Source data
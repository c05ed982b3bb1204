//! What the services do: the words that they are asked for, and these words' new tags.

ghost use Rattle.std.specs.Prelude.{◌≡◌, ◌<◌, Err, nat_lt};
ghost use Rattle.compartment_policy.specs.Compartments.{given_by, is_range, let_plan, refused_plan, new_place, split_plan, words_of};

use crate::rules::refused;
use crate::tag::CompartmentTag;
use policy_trait::{Answer, Args, CompartmentSet, Plan, PlanEnd, Refused, Rest, Why, Words};

/// The number of the service that splits words off as a new compartment.
pub(crate) const SPLIT: u32 = 32;

/// The number of the service that lets a compartment jump to words.
pub(crate) const LET_IN: u32 = 33;

/// The number of the service that lets a compartment write words.
pub(crate) const LET_WRITE: u32 = 34;

/// The words that the arguments name: a0 is their base, a1 their count.
fn words_of(arguments: &Args<CompartmentTag>) -> Words
    ensures { result ≡ words_of arguments.now }
{
    Words {
        base: arguments.a0,
        count: arguments.a1,
    }
}

/// Whether these are whole words within memory, at least one.
fn is_range(ram: u32, words: Words) -> bool
    ensures { result ≡ is_range ram words }
{
    let end = u64::from(words.base) + 4 * u64::from(words.count);
    words.base % 4 == 0 && words.count >= 1 && end <= u64::from(ram)
}

/// The words split off as the compartment of the next number, which is `count`, while that is below `limit`.
pub(crate) fn split(
    count: u32,
    limit: u32,
    arguments: &Args<CompartmentTag>,
    pc: CompartmentTag,
) -> Result<Plan<CompartmentTag>, PlanEnd>
    ensures { result ≡ split_plan (record { count = count; limit = limit }) arguments.now pc }
{
    let words = words_of(arguments);
    if !is_range(arguments.ram, words) {
        return Err(refuse(Why::Range));
    }
    if count >= limit {
        return Err(PlanEnd::Spent);
    }
    Ok(Plan {
        service: SPLIT,
        pc,
        note: count,
        range: Some(words),
        zero: false,
        answer: Some(Answer {
            value: count,
            tag: CompartmentTag::Plain,
            rest: Rest::Plain,
        }),
    })
}

/// The compartment in a2, which is to be one of the first `count`, let into the words, or let write them.
pub(crate) fn let_other(
    service: u32,
    count: u32,
    arguments: &Args<CompartmentTag>,
    pc: CompartmentTag,
) -> Result<Plan<CompartmentTag>, PlanEnd>
    ensures { result ≡ let_plan service count arguments.now pc }
{
    let words = words_of(arguments);
    if !is_range(arguments.ram, words) {
        return Err(refuse(Why::Range));
    }
    if arguments.a2 >= count {
        return Err(refuse(Why::Args));
    }
    Ok(Plan {
        service,
        pc,
        note: arguments.a2,
        range: Some(words),
        zero: false,
        answer: None,
    })
}

/// No plan, for a refusal by this policy.
fn refuse(why: Why) -> PlanEnd
    ensures { Err result ≡ refused_plan why }
{
    PlanEnd::Refused(refused(why))
}

/// The new tag of a word, which the service's caller has to own.
pub(crate) fn retagged(
    plan: &Plan<CompartmentTag>,
    old: CompartmentTag,
) -> Result<CompartmentTag, Refused>
    requires { plan.now.note < 128 }
    ensures { result ≡ new_place plan.now.service plan.now.note plan.now.pc old }
{
    match (plan.pc, old) {
        (CompartmentTag::Pc { owner: caller, .. }, CompartmentTag::Place { owner, into, write })
            if caller == owner => Ok(given(plan.service, plan.note, owner, into, write)),
        _ => Err(refused(Why::NotOwner)),
    }
}

/// The tag that the service gives an owner's word, where `number` is the compartment that it names.
fn given(
    service: u32,
    number: u32,
    owner: u32,
    into: CompartmentSet,
    write: CompartmentSet,
) -> CompartmentTag
    requires { number < 128 }
    ensures { result ≡ given_by service number owner into write }
{
    match service {
        SPLIT => CompartmentTag::Place {
            owner: number,
            into: CompartmentSet::empty(),
            write: CompartmentSet::empty(),
        },
        LET_IN => CompartmentTag::Place {
            owner,
            into: into.with(number),
            write,
        },
        _ => CompartmentTag::Place {
            owner,
            into,
            write: write.with(number),
        },
    }
}
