//! The statuses of the program.

ghost use Rattle.std.specs.Prelude.{◌≡◌};
ghost use Rattle.pump_cli.specs.Codes.{code_of};

/// How the program ended.
#[derive(Clone, Copy, Debug, PartialEq, Eq)]
pub enum Status {
    /// Every hart exited with 0, or what was asked for is done.
    Done,
    /// Every hart exited, some with another code than 0.
    ExitedNonzero,
    /// The words are no command line.
    BadWords,
    /// The file is no image that is taken.
    BadImage,
    /// The file is no source that is assembled.
    BadSource,
    /// The file is no tag file that is taken.
    BadTags,
    /// The file is no ELF file that is loaded.
    BadElf,
    /// A policy stopped some hart.
    Violated,
    /// One of the machine's checks stopped some hart, and no policy one.
    Faulted,
    /// The turns ran out with a hart ready.
    TurnsSpent,
    /// The engine ran out of tag numbers.
    TagsOut,
    /// The file of an image or of what one is made from could not be read.
    ReadFailed,
    /// A read of the input failed.
    InputFailed,
    /// A put on standard output or standard error failed.
    PutFailed,
    /// Memory ran out.
    Memory,
    /// The image's file could not be written.
    WriteFailed,
    /// A file or the input is longer than its limit.
    TooLong,
}

impl Status {
    /// The number that the process ends with.
    pub fn code(self) -> u8
        ensures { result ≡ code_of self }
    {
        match self {
            Status::Done => 0,
            Status::ExitedNonzero => 1,
            Status::BadWords => 2,
            Status::BadImage => 3,
            Status::BadSource => 3,
            Status::BadTags => 3,
            Status::BadElf => 3,
            Status::Violated => 4,
            Status::Faulted => 5,
            Status::TurnsSpent => 6,
            Status::TagsOut => 7,
            Status::ReadFailed => 8,
            Status::InputFailed => 9,
            Status::PutFailed => 10,
            Status::Memory => 11,
            Status::WriteFailed => 12,
            Status::TooLong => 13,
        }
    }
}
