//! `elf`: an image that is made of an ELF file and a tag file, and its own file, saved.

ghost use Rattle.std.specs.Prelude.{◌≡◌, IfOk, IfSome};
ghost use Rattle.shared_terms.specs.Counts.{next_count};
ghost use Rattle.pump_line.specs.Task.{elf};
ghost use Rattle.pump_line.specs.Told.{elf_value};
ghost use Rattle.pump_cli.specs.Early.{GivesImage, LoadRoseBy, bytes_or_long};
ghost use Rattle.pump_cli.specs.Environments.{environment};
ghost use Rattle.pump_cli.specs.Facts.{status_in};
ghost use Rattle.pump_cli.specs.Reading.{both_taken, elf_taken, file_limit, tags_taken, within_limit};
ghost use Rattle.pump_cli.specs.Theorem.{HeadlineOf};

use crate::cut::Cut;
use crate::reading::{EarlyEnd, load_file};
use crate::refusal::{Refusal, end_early};
use crate::save::save_image;
use crate::status::Status;
use elf_image::{ElfEnd, TagsEnd, read_elf, read_tags};
use host_io::{Files, Sink, Source};
use image_format::Image;
use pump_line::ElfTask;
use std::alloc::Global;

/// The bytes of the file of this name; `None` where it is longer than its limit, which is judged later.
fn load_bytes<F: Files>(alloc: Global, files: &mut F, name: &str) -> Result<Option<Vec<u8>>, Cut>
    ensures taken { IfOk result (λ file. IfSome (F.held files.old name.now) (λ all.
        within_limit file_limit all ≡ bytes_or_long file)) }
    ensures faults { LoadRoseBy (F.read_faults files.old) (F.read_faults files.new)
        name.now result }
    ensures writes { F.write_faults files.new ≡ F.write_faults files.old }
    ensures calls { F.calls files.new ≡ next_count (F.calls files.old) }
    ensures held { F.held files.new ≡ F.held files.old }
{
    match load_file(alloc, files, name) {
        Ok(bytes) => Ok(Some(bytes)),
        Err(EarlyEnd::Refused(_)) => Ok(None),
        Err(EarlyEnd::Cut(cut)) => Err(cut),
    }
}

/// The image of a tag file of these bytes; a file without bytes is too long.
fn tags_of(alloc: Global, file: Option<Vec<u8>>) -> Result<Image, EarlyEnd>
    ensures { GivesImage result (tags_taken (bytes_or_long file)) }
{
    let Some(bytes) = file else {
        return Err(EarlyEnd::Refused(Refusal::TooLong));
    };
    match read_tags(alloc, &bytes) {
        Ok(image) => Ok(image),
        Err(TagsEnd::Bad(error)) => Err(EarlyEnd::Refused(Refusal::BadTags(error))),
        Err(TagsEnd::Memory) => Err(EarlyEnd::Cut(Cut::Memory)),
    }
}

/// The image of an ELF file of these bytes under that of a tag file; a file without bytes is too long.
fn elf_under(alloc: Global, file: Option<Vec<u8>>, tags: Image) -> Result<Image, EarlyEnd>
    ensures { GivesImage result (elf_taken (bytes_or_long file) tags) }
{
    let Some(bytes) = file else {
        return Err(EarlyEnd::Refused(Refusal::TooLong));
    };
    match read_elf(alloc, &bytes, tags) {
        Ok(image) => Ok(image),
        Err(ElfEnd::Bad(error)) => Err(EarlyEnd::Refused(Refusal::BadElf(error))),
        Err(ElfEnd::Memory) => Err(EarlyEnd::Cut(Cut::Memory)),
    }
}

/// The image of an ELF file and a tag file of these bytes: the tag file is judged first.
#[tactic(auto, unfolding(crate::specs::Reading::both_taken))]
fn image_of(alloc: Global, elf: Option<Vec<u8>>, tags: Option<Vec<u8>>) -> Result<Image, EarlyEnd>
    ensures { GivesImage result
        (both_taken (bytes_or_long elf) (bytes_or_long tags)) }
{
    match tags_of(alloc, tags) {
        Ok(tags) => elf_under(alloc, elf, tags),
        Err(end) => Err(end),
    }
}

/// Loads the ELF file and then the tag file, and saves the file of the image that is made of them.
pub(crate) fn elf_task<F: Files, S: Source, K: Sink, L: Sink>(
    alloc: Global,
    task: ElfTask<'_>,
    files: &mut F,
    input: &mut S,
    out: &mut K,
    err: &mut L,
) -> Result<Status, Cut>
    ensures { HeadlineOf (elf (elf_value task.entry)) (status_in result)
        (environment F.tells F.held F.read_faults F.write_faults F.calls S.left S.closed S.faults
        K.taken K.faults L.taken L.faults files.old input.old out.old err.old)
        (environment F.tells F.held F.read_faults F.write_faults F.calls S.left S.closed S.faults
        K.taken K.faults L.taken L.faults files.new input.new out.new err.new) }
{
    let elf = match load_bytes(alloc, files, task.elf) {
        Ok(elf) => elf,
        Err(cut) => return Err(cut),
    };
    let tags = match load_bytes(alloc, files, task.tags) {
        Ok(tags) => tags,
        Err(cut) => return Err(cut),
    };
    match image_of(alloc, elf, tags) {
        Ok(image) => save_image(alloc, files, task.image, &image),
        Err(end) => end_early(err, end),
    }
}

# Work instructions
Single out each line of the records above with the string "ElfEnd" in it, and copy it.

# Your response
use elf_image::{ElfEnd, TagsEnd, read_elf, read_tags};
        Err(ElfEnd::Bad(error)) => Err(EarlyEnd::Refused(Refusal::BadElf(error))),
        Err(ElfEnd::Memory) => Err(EarlyEnd::Cut(Cut::Memory)),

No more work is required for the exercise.